Physiology and Temperature Sensitivity of a Big Beetle and its Mimic
As temperatures get warmer everywhere, including here in the Santa Fe area, how well will beetles be able to adapt? Ground-dwelling arthropods such as Tenebrionid beetles play a huge role in nutrient cycling in arid environments, so the loss of common species will have effects that cascade through the ecosystem.
Eleodes obscura is a large (> 3 cm), common, widespread species of beetle. They can be found from northern Mexico to Southern Washington, and east to Montana (see filled symbols in the map below). There are currently four recognized subspecies based on the patterning of the elytra. The subspecies at the lab, E. o. dispersa, is characterized by comparatively weak ridges on the elytra. Like all species of Eleodes, E. obscura produces defensive compounds from glands in the rear of the abdomen.
The species Philolithus elatus is supposed to be a Batesian mimic of Eleodes obscura. Philolithus belongs to a subfamily of Tenebrionids that do not produce defensive compounds.
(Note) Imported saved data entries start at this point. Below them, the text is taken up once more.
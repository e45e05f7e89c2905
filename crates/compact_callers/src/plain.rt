//! Edits as in editors, reports and record readers.
#![tactic(auto, using(compact_str::proofs::ForCallers::caller_facts))]

ghost use Rattle.std.specs.Prelude.{◌≡◌, ◌+◌, ◌≤◌, [], ◌∷◌, ◌++◌, length, IfOk, OnOk, OnErr, IsOk, MatchOption, codes, decimal};
ghost use Rattle.compact_str.specs.Text.{text_of, size};
ghost use Rattle.compact_str.specs.Cut.{IsBoundary, replaced_text};

use compact_str::{CompactString, ReserveError};

/// Appends a name, an arrow and a value.
pub fn append_report(line: &mut CompactString, name: &str, value: &str) -> Result<(), ReserveError>
    ensures { OnOk result
        (line.new.text ≡ line.old.text ++ text_of name.now ++ codes " → " ++ text_of value.now) }
{
    write!(line, "{name} → {value}")
}

/// Appends a name, a colon and a number.
pub fn append_count(line: &mut CompactString, name: &str, count: u64) -> Result<(), ReserveError>
    ensures { OnOk result
        (line.new.text ≡ line.old.text ++ text_of name.now ++ codes ": " ++ decimal count) }
{
    write!(line, "{name}: {count}")
}

/// Appends two fields with a comma between them. Reserves first, so that it appends all or nothing.
pub fn append_record(
    line: &mut CompactString,
    first: &str,
    second: &str,
) -> Result<(), ReserveError>
    ensures text { OnOk result
        (line.new.text ≡ line.old.text ++ text_of first.now ++ 44 ∷ text_of second.now) }
    ensures unchanged { OnErr result (line.new ≡ line.old) }
{
    line.reserve(first.len() + 1 + second.len())?;
    line.push_str(first)?;
    line.push(',')?;
    line.push_str(second)
}

/// Appends two fields, and removes the first if the second fails.
pub fn append_pair(line: &mut CompactString, first: &str, second: &str) -> Result<(), ReserveError>
    ensures text { OnOk result
        (line.new.text ≡ line.old.text ++ text_of first.now ++ text_of second.now) }
    ensures rolled_back { OnErr result (line.new.text ≡ line.old.text) }
{
    let len = line.len();
    line.push_str(first)?;
    if let Err(error) = line.push_str(second) {
        line.truncate(len);
        return Err(error);
    }
    Ok(())
}

/// Types two characters at a cursor, which must be a boundary, and returns the new cursor.
pub fn type_two(
    line: &mut CompactString,
    cursor: usize,
    first: char,
    second: char,
) -> Result<usize, ReserveError>
    requires { IsBoundary line.old.text cursor }
    ensures text { IfOk result
        (λ _. line.new.text ≡ replaced_text line.old.text cursor cursor (first ∷ second ∷ [])) }
    ensures cursor { IfOk result (λ behind. IsBoundary line.new.text behind) }
{
    line.insert(cursor, first)?;
    let next = cursor + first.len_utf8();
    line.insert(next, second)?;
    Ok(next + second.len_utf8())
}

/// Splits a line at a boundary and joins the parts again.
pub fn split_and_join(line: &mut CompactString, index: usize) -> Result<(), ReserveError>
    requires { IsBoundary line.old.text index }
    ensures { OnOk result (line.new.text ≡ line.old.text) }
{
    let tail = line.split_off(index)?;
    line.push_str(tail.as_str())
}

/// Copies a name and appends a suffix. Does not allocate if both have at most 24 bytes together.
pub fn with_suffix(name: &CompactString, suffix: &str) -> Result<CompactString, ReserveError>
    ensures text { IfOk result (λ v. v.text ≡ name.now.text ++ text_of suffix.now) }
    ensures succeeds { size name.now.text + length suffix.now ≤ 24 → IsOk result }
{
    let mut copy = name.clone()?;
    copy.push_str(suffix)?;
    Ok(copy)
}

/// Keeps the key of a `key=value` field and returns its value. Returns `None`, with the field unchanged, if it has no
/// `=`.
pub fn split_field(field: &mut CompactString) -> Result<Option<CompactString>, ReserveError>
    ensures parts { IfOk result
        (λ value. MatchOption value (field.new ≡ field.old)
        (λ v. field.old.text ≡ field.new.text ++ text_of (codes "=") ++ v.text)) }
    ensures unchanged { OnErr result (field.new ≡ field.old) }
{
    let Some(at) = field.as_str().find('=') else {
        return Ok(None);
    };
    let value = field.split_off(at + 1)?;
    field.truncate(at);
    Ok(Some(value))
}

/// Appends a value with its `Display`.
pub fn append_value(line: &mut CompactString, value: &CompactString) -> Result<(), ReserveError>
    ensures { OnOk result (line.new.text ≡ line.old.text ++ value.now.text) }
{
    let shown = value.as_str();
    write!(line, "{shown}")
}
Instead, P. elatus physically resembles E. obscura, and it is thought that this resemblance deters predators from eating them. When an undefended species (mimic) looks like one that is defended (model), it is referred to as Batesian mimicry, and it is thought that the mimic will have an advantage because it does not need to expend energy in producing an actual defense.
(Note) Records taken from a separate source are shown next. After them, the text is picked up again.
//! Collecting what an adapter of `chars` returns.
#![tactic(auto, using(compact_str::proofs::Collected::adapter_facts))]

ghost use Rattle.std.specs.Prelude.{◌≡◌, map, take, drop, reverse, filter, nat_eq, IfOk, if◌then◌else◌};
ghost use Rattle.std.specs.Char.{is_ascii_digit, to_ascii_uppercase};
ghost use Rattle.compact_str.specs.Text.{text_of};

use compact_str::CompactString;
use std::alloc::{AllocError, Global};

/// Returns the first characters of a line.
pub fn front(alloc: Global, line: &str, count: usize) -> Result<CompactString, AllocError>
    ensures { IfOk result (λ v. v.text ≡ take count (text_of line.now)) }
{
    line.chars().take(count).collect(alloc)
}

/// Returns the first characters of a line in upper case.
pub fn front_in_uppercase(
    alloc: Global,
    line: &str,
    count: usize,
) -> Result<CompactString, AllocError>
    ensures { IfOk result
        (λ v. v.text ≡ map to_ascii_uppercase (take count (text_of line.now))) }
{
    line.chars()
        .take(count)
        .map(|c| c.to_ascii_uppercase())
        .collect(alloc)
}

/// Returns a line without its first characters.
pub fn rest(alloc: Global, line: &str, count: usize) -> Result<CompactString, AllocError>
    ensures { IfOk result (λ v. v.text ≡ drop count (text_of line.now)) }
{
    line.chars().skip(count).collect(alloc)
}

/// Reverses a line.
pub fn reversed(alloc: Global, line: &str) -> Result<CompactString, AllocError>
    ensures { IfOk result (λ v. v.text ≡ reverse (text_of line.now)) }
{
    line.chars().rev().collect(alloc)
}

/// Replaces each space with a dash.
pub fn dashed(alloc: Global, line: &str) -> Result<CompactString, AllocError>
    ensures { IfOk result
        (λ v. v.text ≡ map (λ c. if nat_eq c 32 then 45 else c) (text_of line.now)) }
{
    line.chars()
        .map(
            |c|
                ensures { result ≡ (if nat_eq c 32 then 45 else c) }
            { if c == ' ' { '-' } else { c } },
        )
        .collect(alloc)
}

/// Keeps the digits.
pub fn digits(alloc: Global, line: &str) -> Result<CompactString, AllocError>
    ensures { IfOk result (λ v. v.text ≡ filter is_ascii_digit (text_of line.now)) }
{
    line.chars().filter(|c| c.is_ascii_digit()).collect(alloc)
}
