//! Loops over the parts of a line, and how many parts pass a test.
#![tactic(auto, using(compact_str::proofs::PartFacts::split_loop_facts))]

ghost use Rattle.std.specs.Prelude.{◌≡◌, IfOk, map, filter, length, not, ◌==◌, bytes_eq, count_by, sum_by};
ghost use Rattle.std.specs.List.{slice_split, list_any};
ghost use Rattle.compact_str.specs.Text.{utf8};

use compact_str::{CompactString, ReserveError};
use std::alloc::Global;

/// Returns the fields of a line, between the commas.
pub fn fields_of(alloc: Global, line: &str) -> Result<Vec<CompactString>, ReserveError>
    ensures { IfOk result (λ fields. map (λ field. utf8 field.text) fields.items
        ≡ slice_split (λ byte. byte == 44) line.now) }
{
    let mut fields = Vec::new(alloc);
    for field in line.split(',') {
        fields.push(CompactString::new(alloc, field)?)?;
    }
    Ok(fields)
}

/// Returns the words of a line, between spaces.
pub fn words_of(alloc: Global, line: &str) -> Result<Vec<CompactString>, ReserveError>
    ensures { IfOk result (λ words. map (λ word. utf8 word.text) words.items
        ≡ filter (λ word. not (length word == 0)) (slice_split (λ byte. byte == 32) line.now)) }
{
    let mut words = Vec::new(alloc);
    for word in line.split(' ') {
        if word.is_empty() {
            continue;
        }
        words.push(CompactString::new(alloc, word)?)?;
    }
    Ok(words)
}

/// Counts the fields that are not empty.
pub fn filled_fields(line: &str) -> usize
    ensures { result ≡ count_by (λ field. not (length field == 0))
        (slice_split (λ byte. byte == 44) line.now) }
{
    let mut count = 0;
    for field in line.split(',') {
        if !field.is_empty() {
            count += 1;
        }
    }
    count
}

/// Counts the words of a line, between spaces.
#[tactic(auto, using(compact_str::proofs::PartFacts::split_facts))]
pub fn word_count(line: &str) -> usize
    ensures { result ≡ count_by (λ word. not (length word == 0))
        (slice_split (λ byte. byte == 32) line.now) }
{
    line.split(' ').filter(|word| !word.is_empty()).count()
}

/// Returns how many bytes the fields have.
pub fn bytes_in_fields(line: &str) -> usize
    ensures { result ≡ sum_by (λ field. length field) (slice_split (λ byte. byte == 44) line.now) }
{
    let mut total = 0;
    for field in line.split(',') {
        total += field.len();
    }
    total
}

/// Returns `true` if a field is `name`.
pub fn has_field(line: &str, name: &str) -> bool
    ensures { result ≡ list_any (λ field. bytes_eq field name.now)
        (slice_split (λ byte. byte == 44) line.now) }
{
    for field in line.split(',') {
        if field == name {
            return true;
        }
    }
    false
}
Like E. obscura, P. elatus has multiple recognized subspecies (open symbols on map). Brown (1971) reported a correspondence between the distribution of the subspecies of E. obscura and P. elatus, such that those with the most resemblance were found together. For example, the elytra of E. o. dispersa (filled green circles on map) have less distinct grooves and more little punctures than subspecies found elsewhere. Philolitus elatus infernus (open green circles on map), the subspecies whose range overlaps that of E. o. dispersa, has a similar pattern on its elytra. It has also been reported that P. elatus mimics the defensive behavior of E. obscura, which performs “headstands” to raise its abdomen and deploy its defensive glands.
The model-mimic relationship between the two species allows us to test the hypothesis that chemical defense has a metabolic cost. It seems reasonable that maintaining and filling the glands will cost energy. Can this cost be measured?
The goal of this study is to better understand the relationship between the two species, and experiments are ongoing to answer the folowing questions:
- How closely does the headstanding behavior of P. elatus match that of E. obscura? We have been performing field observations to compare the responses of the two species to an approaching threat.
- Is there a measurable difference in metabolic rate, measured as oxygen consumption, between the two species? Resting oxygen consumption is being measured using coulometric respirometry.
- Is there a difference between the heat tolerance of the two species? Oxygen consumption is being measured at multiple temperatures to determine if they have different susceptibility to thermal stress.
- Are the lifespans of the two species different? Adult Eleodes obscura are known to live for several years, while relatives of P. elatus live only a single season. Is P. elatus also short-lived?